# Zu viele Fische im Teich



## Karen_Su (18. Okt. 2016)

Hallo zusammen, 

bei mir schwimmen ca. 30 - 40 __ Goldorfe (Unter dem Namen wurden sie uns damals verkauft). Die ursprünglichen 6 Fische wurden noch gut 25 cm groß, die heutigen nur ca. 12 - 15, was wohl u.a. an der Teichgröße liegt. Jetzt hatte ich auch 2 Jahre lang keinen Nachwuchs, den haben sie evtl. selber gefressen oder den Libellenlarven überlassen. 
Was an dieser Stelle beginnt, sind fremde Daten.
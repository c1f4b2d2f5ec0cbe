// Tests of the top call: where a file, standard output or standard error fails, the status and what was written before; and runs by two
// workers, which make ticks of two instances at once, and of which one that is held up does not hold up the other.
use crate::programs::{Asked, asking, building, reading, refused};
use layer_tests::{APART, Awaiting, SHIFTS};
use std::alloc::Global;
use std::sync::Wait;
use std::sync::atomic::Ordering;
use std::test::Fail;
use std::thread::Threads;
use tapa_drive::{Gate, OpenGate, Status, WordsFault, refuse_words, tapa};
use tapa_files::{MemShelf, MemSink};

// No call has this number.
const NEVER: u64 = u64::MAX;

const CANNOT_WRITE: &[u8] = b"tapa: cannot write\n";

// What a command answers, and what it wrote.
#[derive(Drop)]
struct Answer {
    status: Status,
    out: MemSink,
    err: MemSink,
}

// A command whose output has room for so many bytes, and by whose gate the workers pass. The shelf fails at the call of the first number,
// the output at that of the second, and standard error at that of the third.
fn answered<R: Threads + Wait + Sync, G: Gate>(
    rt: &R,
    alloc: Global,
    asked: &Asked,
    room: usize,
    fails: [u64; 3],
    gate: &G,
) -> Result<Answer, Fail> {
    let mut files = Vec::new(alloc);
    for (name, text) in [("r.cpp", asked.source), ("d.json", asked.given)] {
        files.push((
            String::from_str(alloc, name)?,
            Vec::from_slice(alloc, text.as_bytes())?,
        ))?;
    }
    let mut words = Vec::new(alloc);
    for word in asked.words {
        words.push(String::from_str(alloc, word)?)?;
    }
    let mut shelf = MemShelf::new(alloc, files, vec![in alloc; fails[0]; 1]?);
    let mut out = MemSink::new(alloc, room, vec![in alloc; fails[1]; 1]?)?;
    let mut err = MemSink::new(alloc, 4096, vec![in alloc; fails[2]; 1]?)?;
    let status = tapa(rt, alloc, &words, &mut shelf, &mut out, &mut err, gate);
    Ok(Answer { status, out, err })
}

// A command with ample room and an open gate.
fn said<R: Threads + Wait + Sync>(
    rt: &R,
    alloc: Global,
    asked: &Asked,
    fails: [u64; 3],
) -> Result<Answer, Fail> {
    answered(rt, alloc, asked, 262_144, fails, &OpenGate)
}

// How many line feeds a text has.
fn lines(text: &[u8]) -> u64 {
    let mut count: u64 = 0;
    for byte in text {
        if *byte == b'\n' {
            count = count.saturating_add(1);
        }
    }
    count
}

// Whether these are the first lines of a text.
fn are_first_lines(part: &[u8], count: u64, whole: &[u8]) -> bool {
    whole.starts_with(part) && lines(part) == count && (count == 0 || part.ends_with(b"\n"))
}

// The output failing at each of its first calls: it holds the lines before, of a report, a plan, a circuit's text and that of a simulation.
#[test]
fn outputs_are_cut_at_lines(rt: HostRuntime) -> Result<(), Fail> {
    let alloc = rt.alloc();
    for asked in &reading() {
        let whole = said(&rt, alloc, asked, [NEVER; 3])?;
        assert!(rt; whole.status == Status::Ok && whole.err.bytes().is_empty());
        for call in 0..8u64 {
            let cut = said(&rt, alloc, asked, [NEVER, call, NEVER])?;
            if call < lines(whole.out.bytes()) {
                assert_eq!(rt;
                    (cut.status, cut.err.bytes()),
                    (Status::Write, CANNOT_WRITE)
                );
                assert!(rt; are_first_lines(cut.out.bytes(), call, whole.out.bytes()));
            } else {
                assert_eq!(rt; cut.status, Status::Ok);
                assert_eq!(rt; cut.out.bytes(), whole.out.bytes());
            }
        }
    }
    Ok(())
}

// Standard error failing at each of its lines: it holds the lines before, and the output what it has without the failure.
#[test]
fn messages_are_cut_at_lines(rt: HostRuntime) -> Result<(), Fail> {
    let alloc = rt.alloc();
    for asked in &refused() {
        let whole = said(&rt, alloc, asked, [NEVER; 3])?;
        let count = lines(whole.err.bytes());
        assert!(rt; count > 0);
        for call in 0..count {
            let cut = said(&rt, alloc, asked, [NEVER, NEVER, call])?;
            assert_eq!(rt;
                (cut.status, cut.out.bytes()),
                (Status::Write, whole.out.bytes())
            );
            assert!(rt; are_first_lines(cut.err.bytes(), call, whole.err.bytes()));
        }
    }
    Ok(())
}

// The shelf failing at each of its calls: the file that is read then is reported, the output is empty, and each file that the words
// name is reported by some call, the source first.
#[test]
fn unread_files_are_reported(rt: HostRuntime) -> Result<(), Fail> {
    let alloc = rt.alloc();
    for asked in &reading() {
        let mut reported = 0;
        for call in 0..8u64 {
            let failed = said(&rt, alloc, asked, [call, NEVER, NEVER])?;
            if failed.status == Status::Read {
                let last = failed.err.bytes() == b"tapa: cannot read d.json\n".as_slice();
                assert!(rt; last || failed.err.bytes() == b"tapa: cannot read r.cpp\n".as_slice());
                assert!(rt; failed.out.bytes().is_empty());
                assert!(rt; last || reported < 2);
                reported = if last { 2 } else { 1 };
            } else {
                assert!(rt; failed.status == Status::Ok && failed.err.bytes().is_empty());
            }
        }
        assert_eq!(rt; reported, if asked.given.is_empty() { 1 } else { 2 });
    }
    Ok(())
}

// An output with room for ten bytes, less than the first line of a text: nothing is written there.
#[test]
fn an_output_that_is_full_stays_empty(rt: HostRuntime) -> Result<(), Fail> {
    let full = answered(&rt, rt.alloc(), &building(), 10, [NEVER; 3], &OpenGate)?;
    assert_eq!(rt;
        (full.status, full.err.bytes()),
        (Status::Write, CANNOT_WRITE)
    );
    assert!(rt; full.out.bytes().is_empty());
    Ok(())
}

// Words that could not be read are reported.
#[test]
fn unread_words_are_reported(rt: HostRuntime) -> Result<(), Fail> {
    let alloc = rt.alloc();
    let mut err = MemSink::new(alloc, 100, Vec::new(alloc))?;
    assert_eq!(rt;
        refuse_words(WordsFault::OutOfMemory, &mut err),
        Status::Memory
    );
    assert_eq!(rt; err.bytes(), b"tapa: out of memory\n".as_slice());
    Ok(())
}

// A run by two workers, each of whom passes a gate that waits for these calls, and how many were seen there.
fn by_two<R: Threads + Wait + Sync>(
    rt: &R,
    alloc: Global,
    source: &'static str,
    calls: (u64, u64),
) -> Result<(Answer, u64), Fail> {
    let run = asking(&["run", "r.cpp", "T", "--workers", "2"], source, "");
    let gate = Awaiting::new(calls.0, calls.1);
    let ran = answered(rt, alloc, &run, 4096, [NEVER; 3], &gate)?;
    Ok((ran, gate.seen.load(Ordering::SeqCst)))
}

// With two workers two instances that may both begin are under way at once.
#[test]
fn two_workers_meet(rt: HostRuntime) -> Result<(), Fail> {
    let (ran, seen) = by_two(&rt, rt.alloc(), SHIFTS, (1, 1))?;
    assert!(rt; matches!(ran.status, Status::Ok));
    assert_eq!(rt;
        ran.out.bytes(),
        b"stream a: 1099511627776 0 0 4294967296\ndone 20\n".as_slice()
    );
    assert!(rt; ran.err.bytes().is_empty());
    assert_eq!(rt; seen, 2);
    Ok(())
}

// While one worker is held up with one instance the other goes on with the others.
#[test]
fn the_others_go_on(rt: HostRuntime) -> Result<(), Fail> {
    let (ran, seen) = by_two(&rt, rt.alloc(), APART, (2, 0))?;
    assert!(rt; matches!(ran.status, Status::Ok));
    assert_eq!(rt; ran.out.bytes(), b"stream q: 1 2 3\ndone 10\n".as_slice());
    assert!(rt; ran.err.bytes().is_empty());
    assert_eq!(rt; seen, 2);
    Ok(())
}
Ich bin ja neu hier, und nach allem, was ich hier schon gelesen habe, sollte ich mich wohl besser von ihnen trennen. Der Teich, in dem sie schwimmen, ist nicht besonders groß, verglichen mit so einigen, die ich hier schon bewundert habe. Ich schätze, er hat so 4000 - 5000 Liter und ist dreieckig angelegt mit Kantenlängen 
3 x 5 x 5 Meter und einer Tiefe von 1 Meter. Der Teich war im Sommer fast überfüllt mit Seerosen und Krebsscheren, sodass den Fischen nicht wirklich viel Platz zum Schwimmen blieb. Jetzt, nach dem Herbstschnitt, freuen sie sich über die freien Flächen.
Leider sind die Fische so fix, dass ich sie nicht keschern kann.
Vielleicht wohnt ja jemand in der Nähe von mir (PLZ 33378) und ist interessiert?


----------



## Ansaj (18. Okt. 2016)

Hallo Karen,
herzlich willkommen im Forum.
Ich finde es gut, dass du dir Gedanken über deine Haltung machst und gewillt bist die Fische abzugeben. Sollten es Goldorfen sein, ist dein Teich leider wirklich viel zu klein. Deinen Größenangaben nach hört es sich allerdings eher nach Goldfischen an, aber auch für die finde ich persönlich einen Teich mit 5.000l zu klein.
Mache doch am Besten ein paar Fotos deiner Fische, dann können wir dir beim Bestimmen helfen. Auf deinen Galerie-Fotos kann man die Fische nicht gut erkennen, obwohl sie dort auf dem einen Bild eher die Körperform von Orfen haben (wenn das überhaupt Fische sind auf dem Bild: Bachzulauf oben Mitte).
Im Übrigen gefällt mir dein Teich wirklich sehr gut, mit einer geeigneteren Fischart oder ganz ohne, wird er sicherlich noch toller.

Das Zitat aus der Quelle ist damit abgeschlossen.